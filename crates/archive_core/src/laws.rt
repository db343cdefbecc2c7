//! The laws of archives and of all their parts. Each is a function without a body, whose contract is the law.
ghost use Rattle.archive_forms.specs.Alike.{AlikeAreEqual};
ghost use Rattle.archive_forms.specs.Faithful.{AreFaithful};
ghost use Rattle.archive_core.specs.Laws.{WrittenIsAccepted, ReadBackIsWritten, ReadBackIsEqual, UnsharedSuits, UnsharedIsAccepted, UnsharedIsReadBack, KeysStandApart};
ghost use Rattle.archive_core.specs.Roots.{RootIsReadable, RootIsWritten};
ghost use Rattle.archive_forms_writing.specs.Readable.{BoxedIsReadable, BoxedIsWritten, ElementsAreReadable, ElementsAreWritten, ErrIsReadable, ErrIsWritten, Fields2AreReadable, Fields2AreWritten, Fields3AreReadable, Fields3AreWritten, Fields4AreReadable, Fields4AreWritten, KeptIsReadable, KeptIsWritten, OkIsReadable, OkIsWritten, PartIsHeld, SeenIsReadable, SeenIsWritten, SomeIsReadable, SomeIsWritten};

pub use archive_core_validation::{nesting_is_bounded, unlimited_is_no_limit};
pub use archive_forms::laws::{
    alike_forms_are_equal, alike_forms_are_one, alike_leaves_are_one,
    alike_nonzero_numbers_are_one, alike_texts_are_equal, alike_tuples_are_equal,
    equal_values_are_hashed_alike, equalities_are_equivalences, forms_are_faithful, held_is_text,
    keyed_lists_are_written, leaf_spells, leaves_are_faithful, one_is_equal,
    one_present_is_written, one_text, optional_lists_are_written, orders_agree, orders_are_total,
    out_of_line_capacity, pairs_are_written, texts_are_faithful, texts_are_written,
    tuples_are_faithful, two_shared_is_written, written_once,
};
use archive_forms::{Archive, ReadBack};
pub use archive_shape::laws::{
    accepted_is_answered, alignments_are_small_powers, ascent_is_apart, ascent_splits,
    deep_child_is_refused, edit_of_leaf, edit_of_text, extent_is_claimed, fault_refuses, frame,
    held_leaf_is_read, illegal_is_refused, keys_of_one_value_are_alike, leaf_in_one_region,
    leaf_is_read, leaf_within, leaves_apart, legal_is_readable, named_is_known, one_fault,
    one_value, overwrite_spares, paths_join, root_is_found, root_regions, sealed_leaf, sealed_text,
    value_at_path, visits_stand,
};
pub use archive_shape_canonical::{
    avoiding_paths_join, canonical_edit_of_leaf, canonical_edit_of_text, canonical_frame,
    one_archive, tables_of_one_map, written_everywhere,
};

/// `access` accepts what `to_bytes` writes of a value, except for `OutOfMemory`: the buffer has the value at its root,
/// with regions that ascend and no limit of depth.
pub fn written_is_accepted<T: Archive>()
    ensures { WrittenIsAccepted T.Archived.shape T.Archived.knows T.spelling }
{}

/// What `from_bytes` reads back from what `to_bytes` wrote is what the value that was written is read back as. If forms
/// are faithful, this is a value that is archived as it, except for the positions of shared values.
pub fn read_back_is_written<T: Archive>()
where
    T::Archived: ReadBack<T>,
    ensures { ReadBackIsWritten T.Archived.shape T.Archived.knows T.spelling T.Archived.reads }
{}

/// Where no value of the archived type holds a shared pointer, each value suits the fit that binds nothing.
pub fn unshared_suits<T: Archive>()
    ensures { UnsharedSuits T.Archived.shape T.Archived.knows T.spelling }
{}

/// `access` accepts what `to_bytes` writes of such a value, except for `OutOfMemory`, with however many tables in it.
pub fn unshared_is_accepted<T: Archive>()
    ensures { UnsharedIsAccepted T.Archived.shape T.Archived.knows T.spelling }
{}

/// What `from_bytes` reads back from it is what the value that was written is read back as.
pub fn unshared_is_read_back<T: Archive>()
where
    T::Archived: ReadBack<T>,
    ensures { UnsharedIsReadBack T.Archived.shape T.Archived.knows T.spelling T.Archived.reads }
{}

/// What `from_bytes` reads back from what `to_bytes` wrote of a value is equal to the value, where its form is read back as
/// what was archived and values that are archived alike are equal.
pub fn read_back_is_equal<T: Archive + PartialEq>()
where
    T::Archived: ReadBack<T>,
    requires faithful { AreFaithful T.Archive T.Archived.ReadBack }
    requires alike { AlikeAreEqual T.spelling T.eq }
    ensures { ReadBackIsEqual T.Archived.shape T.Archived.knows T.spelling T.Archived.reads T.eq }
{}

/// Shared values with different keys have different positions, after the data of a value is written from a state in
/// which those written before it have.
pub fn keys_stand_apart<T: Archive>()
    ensures { KeysStandApart T.Archived.shape T.Archived.knows T.spelling }
{}

/// What `to_bytes` writes of a value is the value's data and, at the root, its own bytes.
pub fn root_is_written<T: Archive>()
    ensures written { RootIsWritten T.Archived.shape T.spelling }
    ensures readable { RootIsReadable T.Archived.shape T.spelling }
{}

/// Where a value is written that is archived as another, the other is written.
pub fn views_are_written<T: Archive, B, Q>()
    ensures seen { SeenIsWritten T.spelling B }
    ensures kept { KeptIsWritten T.spelling Q }
    ensures seen_readable { SeenIsReadable T.Archived.shape T.spelling B }
    ensures kept_readable { KeptIsReadable T.Archived.shape T.spelling Q }
{}

/// Where a tuple is written, each of its fields is, at its position.
pub fn fields_are_written<A: Archive, B: Archive, C: Archive, D: Archive>()
    ensures of_two { Fields2AreWritten A.Archived.shape A.spelling B.Archived.shape B.spelling }
    ensures of_three { Fields3AreWritten A.Archived.shape A.spelling B.Archived.shape B.spelling
        C.Archived.shape C.spelling }
    ensures of_four { Fields4AreWritten A.Archived.shape A.spelling B.Archived.shape B.spelling
        C.Archived.shape C.spelling D.Archived.shape D.spelling }
{}

/// Where a written tuple can be read, each of its fields can.
pub fn fields_are_readable<A: Archive, B: Archive, C: Archive, D: Archive>()
    ensures of_two { Fields2AreReadable A.Archived.shape A.spelling B.Archived.shape B.spelling
        A.Archived.knows B.Archived.knows }
    ensures of_three { Fields3AreReadable A.Archived.shape A.spelling B.Archived.shape B.spelling
        C.Archived.shape C.spelling A.Archived.knows B.Archived.knows C.Archived.knows }
    ensures of_four { Fields4AreReadable A.Archived.shape A.spelling B.Archived.shape B.spelling
        C.Archived.shape C.spelling D.Archived.shape D.spelling
        A.Archived.knows B.Archived.knows C.Archived.knows D.Archived.knows }
{}

/// Where a vector is written, each of its elements is, from where the vector leads on.
pub fn elements_are_written<T: Archive>()
    ensures written { ElementsAreWritten T.Archived.shape T.spelling }
    ensures readable { ElementsAreReadable T.Archived.shape T.spelling T.Archived.knows }
{}

/// Where an option is written that is some value, the value is.
pub fn some_is_written<T: Archive>()
    ensures written { SomeIsWritten T.Archived.shape T.spelling }
    ensures readable { SomeIsReadable T.Archived.shape T.spelling }
{}

/// Where a result is written, its value or its error is.
pub fn outcome_is_written<T: Archive, E: Archive>()
    ensures ok { OkIsWritten T.Archived.shape E.Archived.shape T.spelling E.spelling }
    ensures err { ErrIsWritten T.Archived.shape E.Archived.shape T.spelling E.spelling }
    ensures ok_readable { OkIsReadable T.Archived.shape E.Archived.shape T.spelling E.spelling }
    ensures err_readable { ErrIsReadable T.Archived.shape E.Archived.shape T.spelling E.spelling }
{}

/// Where a box is written, its value is, where the box leads.
pub fn boxed_is_written<T: Archive>()
    ensures written { BoxedIsWritten T.Archived.shape T.spelling }
    ensures readable { BoxedIsReadable T.Archived.shape T.spelling }
{}

/// Where a written value can be read, the layout has it.
pub fn part_is_held<T: Archive>()
    ensures { PartIsHeld T.Archived.shape T.Archived.knows T.spelling }
{}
______________________________
-- WHAT YOU HAVE TO DO --
Each line in the listing above from the one containing "AreFaithful T.Archive T.Archived.ReadBack" through the one containing "KeptIsWritten T.spelling Q" should be repeated exactly, and no other line.

-- TASK SOLUTION --
    requires faithful { AreFaithful T.Archive T.Archived.ReadBack }
    requires alike { AlikeAreEqual T.spelling T.eq }
    ensures { ReadBackIsEqual T.Archived.shape T.Archived.knows T.spelling T.Archived.reads T.eq }
{}

/// Shared values with different keys have different positions, after the data of a value is written from a state in
/// which those written before it have.
pub fn keys_stand_apart<T: Archive>()
    ensures { KeysStandApart T.Archived.shape T.Archived.knows T.spelling }
{}

/// What `to_bytes` writes of a value is the value's data and, at the root, its own bytes.
pub fn root_is_written<T: Archive>()
    ensures written { RootIsWritten T.Archived.shape T.spelling }
    ensures readable { RootIsReadable T.Archived.shape T.spelling }
{}

/// Where a value is written that is archived as another, the other is written.
pub fn views_are_written<T: Archive, B, Q>()
    ensures seen { SeenIsWritten T.spelling B }
    ensures kept { KeptIsWritten T.spelling Q }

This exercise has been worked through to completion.